// A plain reading of the study file, document 01 and S-4 of document 02: all tests are made, and the
// first that applies is the answer.
#![tactic(auto)]

ghost use Rattle.std.specs.Prelude.{◌≡◌, ◌+◌, ◌*◌, ◌≤◌, ◌<◌, length};
ghost use Rattle.arrayvec.specs.ArrayVec.{array_vec_len};

use arrayvec::ArrayVec;
use test_support::byte;

// The bytes of a study file, at most so many.
pub type File = ArrayVec<u8, 30132>;

// The numbers of the first two tests that applied.
#[derive(Clone, Copy, Default)]
pub struct Judged {
    pub first: Option<u32>,
    pub second: Option<u32>,
}

impl Judged {
    // One more test, and its number.
    pub fn note(self, test: bool, number: u32) -> Judged {
        if !test {
            return self;
        }
        if self.first.is_none() {
            return Judged {
                first: Some(number),
                second: None,
            };
        }
        Judged {
            first: self.first,
            second: self.second.or(Some(number)),
        }
    }
}

// Document 01's A, M, s and t.
#[derive(Clone, Copy)]
pub struct Numbers {
    pub arcs: usize,
    pub rounds: usize,
    pub source: usize,
    pub target: usize,
}

// The sections of a study, and the numbers that are given for it.
#[derive(Clone, Copy)]
pub struct Sections<'a> {
    pub nodes: &'a [u8],
    pub arcs: &'a [u8],
    pub rounds: &'a [u8],
    pub numbers: Numbers,
    ghost small: { (length nodes.now ≤ 10000) × (length arcs.now ≤ 10000) },
}

// A trailer: N, A, M, s, t, and how far before the trailer each section begins.
#[derive(Clone, Copy)]
pub struct Trailer {
    pub nodes: usize,
    pub numbers: Numbers,
    pub nodes_back: usize,
    pub arcs_back: usize,
    pub rounds_back: usize,
    ghost words: { (nodes < 4294967296) × (numbers.arcs < 4294967296) × (numbers.rounds < 4294967296) },
    ghost ends: { (numbers.source < 4294967296) × (numbers.target < 4294967296) },
    ghost places: { (nodes_back < 4294967296) × (arcs_back < 4294967296) × (rounds_back < 4294967296) },
}

pub fn num(bytes: &[u8], at: usize) -> usize
    ensures { result < 256 }
{
    byte(bytes, at) as usize
}

// The bytes from a place on, so many at most.
pub fn piece(bytes: &[u8], start: usize, count: usize) -> &[u8]
    ensures bytes { length result.now ≤ length bytes.now }
    ensures count { length result.now ≤ count }
{
    let rest = bytes.get(start..).unwrap_or(&[]);
    rest.get(..count).unwrap_or(rest)
}

// The word at a place, its lowest byte first.
fn word(file: &[u8], at: usize) -> usize
    requires { at ≤ 20000 }
    ensures { result < 4294967296 }
{
    let bytes = [at, at + 1, at + 2, at + 3].map(|i| byte(file, i) as u8);
    u32::from_le_bytes(bytes) as usize
}

impl Trailer {
    // The trailer of a file; a byte that it lacks is 0.
    pub fn of(file: &[u8]) -> Trailer
        requires { length file.now ≤ 10000 }
    {
        let at = file.len().saturating_sub(32);
        Trailer {
            nodes: word(file, at),
            numbers: Numbers {
                arcs: word(file, at + 4),
                rounds: word(file, at + 8),
                source: word(file, at + 12),
                target: word(file, at + 16),
            },
            nodes_back: word(file, at + 20),
            arcs_back: word(file, at + 24),
            rounds_back: word(file, at + 28),
        }
    }
}

// How many bytes are x.
pub fn of_class(bytes: &[u8], x: usize) -> usize
    ensures { result ≤ length bytes.now }
{
    bytes.iter().filter(|&&b| usize::from(b) == x).count()
}

// How many arcs are of a class: one way, or both ways.
pub fn arcs_of_class(arcs: &[u8], class: usize) -> usize
    requires { class ≤ 2 }
    ensures { result ≤ length arcs.now }
{
    arcs.iter()
        .skip(2)
        .step_by(3)
        .map(|&kind| usize::from(kind))
        .filter(|&kind| (kind == class) | (kind == class + 3))
        .count()
}

// How many members a class has: nodes and arcs.
pub fn members(nodes: &[u8], arcs: &[u8], class: usize) -> usize
    requires { (length nodes.now ≤ 10000) × (length arcs.now ≤ 10000) × (class ≤ 2) }
    ensures { result ≤ length nodes.now + length arcs.now }
{
    of_class(nodes, class) + arcs_of_class(arcs, class)
}

// How many bytes the orders of this many rounds take.
pub fn size_of(nodes: &[u8], arcs: &[u8], rounds: usize) -> usize
    requires { (length nodes.now ≤ 10000) × (length arcs.now ≤ 10000) × (rounds < 4294967296) }
    ensures most { result ≤ 180000000000000 }
    ensures each { result ≤ 8589934592 * (length nodes.now + length arcs.now) }
{
    let n = members(nodes, arcs, 1) + members(nodes, arcs, 2);
    rounds * n
}

pub fn class_above(bytes: &[u8]) -> bool {
    bytes.iter().any(|&x| 2 < x)
}

// Whether an entry, of so many bytes each, has an end that is no node, or both ends equal.
pub fn bad_arc(arcs: &[u8], size: usize, n: usize) -> bool
    requires { 0 < size }
{
    arcs.chunks_exact(size).any(|arc| {
        let from = num(arc, 0);
        let to = num(arc, 1);
        (n <= from) | (n <= to) | (from == to)
    })
}

fn bad_kind(arcs: &[u8]) -> bool {
    arcs.iter().skip(2).step_by(3).any(|&kind| 5 < kind)
}

// Whether a place of the order holds no member, or one that an earlier place holds.
fn bad_order<F: Fn(usize) -> bool>(bytes: &[u8], start: usize, end: usize, is_member: F) -> bool
    requires { F.IsAlwaysCallable is_member }
{
    for i in start..end {
        let v = num(bytes, i);
        if !is_member(v) | (start..i).any(|k| num(bytes, k) == v) {
            return true;
        }
    }
    false
}

// Whether one of so many rounds has a bad order: each is an order of n1 bytes and one of n2.
pub fn bad_rounds<F: Fn(u8, usize) -> bool>(
    bytes: &[u8],
    total: usize,
    n1: usize,
    n2: usize,
    is_member: F,
) -> bool
    requires small { (n1 ≤ 20000) × (n2 ≤ 20000) × (total < 4294967296) }
    requires callable { F.IsAlwaysCallable is_member }
{
    for r in 0..total {
        let at = r * (n1 + n2);
        let mid = at + n1;
        if bad_order(bytes, at, mid, |v| is_member(1, v))
            | bad_order(bytes, mid, mid + n2, |v| is_member(2, v))
        {
            return true;
        }
    }
    false
}

// 5, 8, 32 and 6: S-4's order.
fn parts(j: Judged, n: usize, nodes: &[u8], arcs: &[u8]) -> Judged
    requires { (length nodes.now ≤ 10000) × (length arcs.now ≤ 10000) }
{
    let large = (64 < members(nodes, arcs, 1)) | (64 < members(nodes, arcs, 2));
    j.note(class_above(nodes), 5)
        .note(bad_arc(arcs, 3, n), 8)
        .note(bad_kind(arcs), 32)
        .note(large, 6)
}

// 2 and 3, for N and the other numbers.
fn limits(j: Judged, n: usize, k: Numbers, whole_arcs: bool) -> Judged {
    let wrong = (n < 2) | (160 < n) | (1024 < k.arcs) | (100000 < k.rounds);
    j.note(wrong | !whole_arcs, 2).note(
        (n <= k.source) | (n <= k.target) | (k.source == k.target),
        3,
    )
}

// The writer's numbers but 15.
pub fn given(s: Sections<'_>) -> Judged
    requires { s.numbers.rounds < 4294967296 }
{
    let n = s.nodes.len();
    let n1 = members(s.nodes, s.arcs, 1);
    let n2 = members(s.nodes, s.arcs, 2);
    let is_member = |class, v| v < if class == 1 { n1 } else { n2 };
    let total = s.numbers.rounds;
    let arcs = s.arcs.len() / 3;
    let j = limits(
        Judged::default(),
        n,
        Numbers { arcs, ..s.numbers },
        s.arcs.len() % 3 == 0,
    );
    parts(j, n, s.nodes, s.arcs)
        .note(s.rounds.len() != size_of(s.nodes, s.arcs, total), 9)
        .note(bad_rounds(s.rounds, total, n1, n2, is_member), 11)
}

// 1, 2 and 3.
pub fn counts(file: &[u8]) -> Judged
    requires { length file.now ≤ 10000 }
{
    let t = Trailer::of(file);
    let length = (file.len() < 32) | (16777216 < file.len());
    limits(Judged::default().note(length, 1), t.nodes, t.numbers, true)
}

// 4, for an arc section of this many bytes.
pub fn behind(file: &[u8], arcs: usize) -> bool
    requires { length file.now ≤ 10000 }
{
    let t = Trailer::of(file);
    (t.arcs_back < t.rounds_back)
        | (t.nodes_back < t.arcs_back)
        | (file.len().saturating_sub(32) < t.nodes_back)
        | (t.nodes_back.saturating_sub(t.arcs_back) < t.nodes)
        | (t.arcs_back.saturating_sub(t.rounds_back) < arcs)
}

// The bytes of a section: so many from the distance before the trailer on.
pub fn section(file: &[u8], back: usize, count: usize) -> &[u8]
    requires { length file.now ≤ 10000 }
    ensures { length result.now ≤ 10000 }
{
    let end = file.len().saturating_sub(32);
    piece(file, end.saturating_sub(back), count)
}

pub fn nodes_of(file: &[u8]) -> &[u8]
    requires { length file.now ≤ 10000 }
    ensures { length result.now ≤ 10000 }
{
    let t = Trailer::of(file);
    section(file, t.nodes_back, t.nodes)
}

pub fn arcs_of(file: &[u8]) -> &[u8]
    requires { length file.now ≤ 10000 }
    ensures { length result.now ≤ 10000 }
{
    let t = Trailer::of(file);
    section(file, t.arcs_back, 3 * t.numbers.arcs)
}

// The numbers of opening.
pub fn opening(file: &[u8]) -> Judged
    requires { length file.now ≤ 10000 }
{
    let t = Trailer::of(file);
    let nodes = nodes_of(file);
    let arcs = arcs_of(file);
    let j = counts(file).note(behind(file, 3 * t.numbers.arcs), 4);
    let rounds = size_of(nodes, arcs, t.numbers.rounds);
    parts(j, t.nodes, nodes, arcs).note(t.rounds_back < rounds, 9)
}

// And 10 for a round number.
pub fn check(file: &[u8], round: usize) -> Judged
    requires { length file.now ≤ 10000 }
{
    opening(file).note(Trailer::of(file).numbers.rounds <= round, 10)
}

// The bytes of a round in a file that opens.
pub fn round(file: &[u8], round: usize) -> &[u8]
    requires { length file.now ≤ 10000 }
{
    let nodes = nodes_of(file);
    let arcs = arcs_of(file);
    let rounds = section(file, Trailer::of(file).rounds_back, file.len());
    piece(
        rounds,
        size_of(nodes, arcs, round % 1000000),
        size_of(nodes, arcs, 1),
    )
}

// A file of these sections, good or bad, behind so many bytes, in place of what was there: a file by
// value would be cleared and moved for each study.
pub fn file(s: Sections<'_>, front: usize, out: &mut File)
    requires { (length s.rounds.now ≤ 10000) × (front ≤ 100) }
    ensures { array_vec_len out.new ≡ front + length s.entry.nodes.now + length s.entry.arcs.now + length s.entry.rounds.now + 32 }
{
    let n = s.nodes.len();
    let k = s.numbers;
    let rounds = s.rounds.len();
    let arcs = s.arcs.len() + rounds;
    out.clear();
    let _ = out.try_extend_from_slice(&[0; 100][..front]);
    let _ = out.try_extend_from_slice(s.nodes);
    let _ = out.try_extend_from_slice(s.arcs);
    let _ = out.try_extend_from_slice(s.rounds);
    let trailer = [
        n,
        k.arcs,
        k.rounds,
        k.source,
        k.target,
        n + arcs,
        arcs,
        rounds,
    ]
    .map(|x| ((x % 4294967296) as u32).to_le_bytes());
    let _ = out.try_extend_from_slice(trailer.as_flattened());
}

// ---- output slices
// What every byte of an output slice is before a call.
pub const UNTOUCHED: u8 = 165;

// Whether the slice has these bytes at its front and is untouched behind them.
pub fn wrote(out: &[u8], bytes: &[u8]) -> bool {
    out.strip_prefix(bytes)
        .is_some_and(|rest| rest.iter().all(|&x| x == UNTOUCHED))
}
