//! What a program in C may ask of a proved CPU, over any handle that owns one: the calls with their arguments as numbers.
//!
//! No proved code calls C: a handler is called by the caller, between a call that names its cyclic and one that counts the call.
//! cyclic_c gives each of these calls to C.
#![tactic(auto)]

pub mod asking;
pub mod calling;
pub mod cpu;
pub mod granted;
pub mod held;
pub mod numbers;
pub mod opening;
pub mod pair;
pub mod parts;
pub mod soft_side;
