//! Handlers that the caller has already called.

ghost use Rattle.std.specs.Prelude.{◌≡◌, ℕ, ◌+◌, ◌∷◌, [], OnOk, OnErr, IsErr, IsTrue, ◌↔◌};
ghost use Rattle.cyc_types.specs.Counting.{times};
ghost use Rattle.cyc_border.specs.Granted.{granted_count, granted_called, GrantedRefuses};
ghost use Rattle.cyc_border.specs.declared.granted.Granted.TheVariants.{One};

use cyc_types::{Calls, CyclicId, Level, Refused};

/// The handlers as a proved call sees them: those that the caller has said to have called. It stands for C's handlers, which
/// no proved code calls (our own).
#[derive(Clone, Copy, Debug, PartialEq, Eq)]
pub enum Granted {
    /// No call: every one is refused, and so named.
    Nothing,
    /// The next call of this cyclic, which the caller has made.
    One(CyclicId),
    /// That call, counted.
    Counted(CyclicId),
}

impl Calls for Granted {
    ghost count = { granted_count };

    ghost called = { granted_called };

    ghost may_refuse = { GrantedRefuses };

    fn call(&mut self, id: CyclicId, level: Level) -> Result<(), Refused>
        ensures called { OnOk result (granted_called self.old id level self.new) }
        ensures counted { OnOk result ((q : ℕ) → granted_count self.new q ≡ granted_count self.old q + times q (id ∷ [])) }
        ensures refused { IsErr result ↔ GrantedRefuses self.old id }
        ensures kept { OnErr result (self.new ≡ self.old) }
    {
        if !self.grants(id) {
            return Err(Refused);
        }
        *self = Granted::Counted(id);
        Ok(())
    }
}

impl Granted {
    /// Whether the next call of this cyclic is granted.
    fn grants(&self, id: CyclicId) -> bool
        ensures { IsTrue result ↔ (self.now ≡ One id) }
    {
        match self {
            Granted::One(next) => next.number() == id.number(),
            Granted::Nothing | Granted::Counted(_) => false,
        }
    }
}
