//! The look-up by id, for all that keeps cyclics in the order of their ids.
//!
//! `search` finds the position of an id among things whose ids rise; `search_near` looks at a hinted position first, and
//! `search_new` at the last. `guess` and `stands_at` are first looks by themselves, and `search_unguessed` is what follows a
//! guess that was wrong. `Finder` is the map from the ids of cyclics to their indexes, in which coming and going moves nothing as
//! long as ids rise.
#![tactic(auto)]

pub mod finder;
mod halving;
mod hints;
pub mod slot;
pub mod slots;
pub mod sorted;

pub use finder::{Finder, HINTS, hint_of, hints_law};
pub use sorted::{HasId, guess, search, search_near, search_new, search_unguessed, stands_at};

DIRECTIONS FOR THIS TASK: If a line falls between the first line of the data above and the line holding "most so many.", inclusive, retype it exactly; retype no other line.

SOLUTION FOR THIS PROBLEM:
// A plain reading of the study file, document 01 and S-4 of document 02: all tests are made, and the
// first that applies is the answer.
#![tactic(auto)]

ghost use Rattle.std.specs.Prelude.{◌≡◌, ◌+◌, ◌*◌, ◌≤◌, ◌<◌, length};
ghost use Rattle.arrayvec.specs.ArrayVec.{array_vec_len};

use arrayvec::ArrayVec;
use test_support::byte;

// The bytes of a study file, at most so many.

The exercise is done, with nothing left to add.